── Data records ──
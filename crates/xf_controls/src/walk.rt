//! The copies of the controls and containers of a form, made afresh over its data: what surrounds an element is found once and handed down
//! to what stands in it.

ghost use Rattle.std.specs.Prelude.{◌≡◌, ◌++◌, ℕ, List, true, map, option_map};
ghost use Rattle.xf_def_values.specs.Bounded.{GivesBounded};
ghost use Rattle.xf_eval.specs.Live.{AroundStands};
ghost use Rattle.xf_def_ui.specs.Copies as copies;
ghost use Rattle.xf_def_ui.specs.Index.{Index};
ghost use Rattle.xf_def_ui.specs.Interface.{element_of, interface_of, sort_of};
ghost use Rattle.xf_controls.specs.Below as below;
ghost use Rattle.xf_controls.specs.Below.{copies_from, if_control};
ghost use Rattle.xf_controls.specs.Found.{IsFound};
ghost use Rattle.xf_controls.specs.Handed as down;
ghost use Rattle.xf_controls.specs.Known.{AreKnown, IsReached};
ghost use Rattle.xf_controls.specs.Plain.{is_plain};
ghost use Rattle.xf_controls.specs.Seen.{IsThere, node_of_place, number, seen_copy, seen_handed};
ghost use Rattle.xf_controls.specs.Surrounded.{IsQuiet, around_in};
ghost use Rattle.xf_def_ui.specs.Elements.{is_control};

use crate::binding::is_bound;
use crate::copy::{ControlCopy, ControlList};
use crate::element::{is_control, some_shown};
use crate::handed::{Handed, focus_in, nothing_around};
use crate::known::KnownList;
use crate::over::{Found, Over, both, found_at, handed_by};
use crate::value::value_of;
use std::alloc::Global;
use xf_base::Items;
use xf_def_forest::NodeList;
use xf_def_syntax::{Element, Form, Part};
use xf_def_ui::NodeMarks;
use xf_eval::{Around, EvalFault};
use xf_form_elements::{binding_of, element_in, scope_of};
use xf_tree::Forest;

/// The copies of the controls and containers of a plain form, in document order. What is known of the nodes that they bind is not asked. An `Err` is want of memory or, as in `evaluate`, a string
/// that is too long.
pub fn controls<A: Around, M: NodeMarks>(
    alloc: Global,
    form: &Form,
    forest: &Forest,
    around: &A,
    marks: &M,
    known: &KnownList,
) -> Result<ControlList, EvalFault>
    requires plain { is_plain (interface_of form.now) ≡ true }
    requires around { AroundStands (A.given around.now) forest.now.forest.nodes }
    requires quiet { IsQuiet (A.given around.now) }
    requires known { AreKnown (interface_of form.now) (around_in (A.given around.now) form.now.tables forest.now.forest.nodes) forest.now.forest.nodes known.now }
    ensures { (cases : List ℕ) (indexes : List Index) → GivesBounded EvalFault.Memory EvalFault.Long (map seen_copy) result (copies.copies (interface_of form.now) (around_in (A.given around.now) form.now.tables forest.now.forest.nodes) (M.marks_of marks.now) cases indexes) }
{
    let mut copies = ControlList::new(alloc);
    let over = Over {
        form,
        forest,
        around,
        marks,
        known,
    };
    let most = form.elements.len();
    push_copies(alloc, &over, most, 0, &nothing_around(), &mut copies)?;
    Ok(copies)
}

/// Puts the copies of an element and of those in it, of which at most so many are nested, behind others.
fn push_copies<A: Around, M: NodeMarks>(
    alloc: Global,
    over: &Over<'_, A, M>,
    most: usize,
    element: u32,
    handed: &Handed,
    copies: &mut ControlList,
) -> Result<(), EvalFault>
    requires around { AroundStands (A.given over.now.around.now) over.now.forest.now.forest.nodes }
    requires place { IsThere (node_of_place handed.now.place) over.now.forest.now.forest.nodes }
    requires plain { is_plain (interface_of over.now.form.now) ≡ true }
    requires known { AreKnown (interface_of over.now.form.now) (around_in (A.given over.now.around.now) over.now.form.now.tables over.now.forest.now.forest.nodes) over.now.forest.now.forest.nodes over.now.known.now }
    requires reached { IsReached (interface_of over.now.form.now) (around_in (A.given over.now.around.now) over.now.form.now.tables over.now.forest.now.forest.nodes) (seen_handed handed.now) most element }
    ensures { GivesBounded EvalFault.Memory EvalFault.Long (λ _. map seen_copy copies.new) result (option_map (λ more. map seen_copy copies.old ++ more) (copies_from most (interface_of over.now.form.now) (around_in (A.given over.now.around.now) over.now.form.now.tables over.now.forest.now.forest.nodes) (M.marks_of over.now.marks.now) (seen_handed handed.now) element)) }
{
    if most == 0 {
        return Ok(());
    }
    let Some(here) = element_in(over.form, element) else {
        return Ok(());
    };
    if is_passed(over.form, most - 1, here) {
        return Ok(());
    }
    let found = found_at(alloc, over, element, here, handed)?;
    push_own(alloc, over, element, here, handed, &found, copies)?;
    let below = handed_by(over, here, handed, &found);
    for part in here.parts.as_slice() {
        match part {
            Part::Text(_) => continue,
            Part::Element(child) => {
                push_copies(alloc, over, most - 1, *child, &below, copies)?;
                continue;
            }
        }
    }
    Ok(())
}

/// Whether what an element selects is not asked, since neither it nor anything in it is a control or container.
pub fn is_passed(form: &Form, most: usize, here: &Element) -> bool
    ensures { result ≡ below.is_passed most (interface_of form.now) (element_of form.now.tables here.now) }
{
    if !is_bound(binding_of(&form.tables, here)) {
        return false;
    }
    if is_control(&here.kind) {
        return false;
    }
    !some_shown(form, most, here.parts.as_slice())
}

/// Puts the copy of an element behind others, where it is a control or container.
fn push_own<A: Around, M: NodeMarks>(
    alloc: Global,
    over: &Over<'_, A, M>,
    element: u32,
    here: &Element,
    handed: &Handed,
    found: &Found,
    copies: &mut ControlList,
) -> Result<(), EvalFault>
    requires around { AroundStands (A.given over.now.around.now) over.now.forest.now.forest.nodes }
    requires place { IsThere (node_of_place handed.now.place) over.now.forest.now.forest.nodes }
    requires found { IsFound (M.marks_of over.now.marks.now) (element_of over.now.form.now.tables here.now) found.now }
    requires live { IsThere found.now.node over.now.forest.now.forest.nodes }
    ensures { GivesBounded EvalFault.Memory EvalFault.Long (λ _. map seen_copy copies.new) result (option_map (λ own. map seen_copy copies.old ++ own) (if_control (is_control (sort_of here.now.kind)) (down.copy_by (interface_of over.now.form.now) (around_in (A.given over.now.around.now) over.now.form.now.tables over.now.forest.now.forest.nodes) (M.marks_of over.now.marks.now) (seen_handed handed.now) element (element_of over.now.form.now.tables here.now) (option_map number found.now.node)))) }
{
    if !is_control(&here.kind) {
        return Ok(());
    }
    let copy = copy_at(alloc, over, element, here, handed, found)?;
    Ok(copies.push(copy)?)
}

/// The copy of an element that binds a node.
fn copy_at<A: Around, M: NodeMarks>(
    alloc: Global,
    over: &Over<'_, A, M>,
    element: u32,
    here: &Element,
    handed: &Handed,
    found: &Found,
) -> Result<ControlCopy, EvalFault>
    requires around { AroundStands (A.given over.now.around.now) over.now.forest.now.forest.nodes }
    requires place { IsThere (node_of_place handed.now.place) over.now.forest.now.forest.nodes }
    requires found { IsFound (M.marks_of over.now.marks.now) (element_of over.now.form.now.tables here.now) found.now }
    requires live { IsThere found.now.node over.now.forest.now.forest.nodes }
    ensures { GivesBounded EvalFault.Memory EvalFault.Long seen_copy result (down.copy_by (interface_of over.now.form.now) (around_in (A.given over.now.around.now) over.now.form.now.tables over.now.forest.now.forest.nodes) (M.marks_of over.now.marks.now) (seen_handed handed.now) element (element_of over.now.form.now.tables here.now) (option_map number found.now.node)) }
{
    let tables = &over.form.tables;
    let binding = binding_of(tables, here);
    let model = scope_of(over.form, handed.model, binding, here.model);
    let focus = focus_in(over.forest, tables, over.around, model, handed.place);
    let value = value_of(
        alloc,
        over.forest,
        tables,
        over.around,
        model,
        &here.kind,
        binding,
        focus,
        found.node,
    )?;
    Ok(ControlCopy {
        element,
        rows: NodeList::new(alloc),
        node: found.node,
        value,
        enabled: both(found.is_open, handed.is_open),
        readwrite: !found.marks.readonly,
        required: found.marks.required,
        valid: found.marks.valid,
        items: Items::new(alloc),
    })
}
───
» Try it
Tell how many lines in the material contain the word "child". Only the number is wanted.

» Task answer
2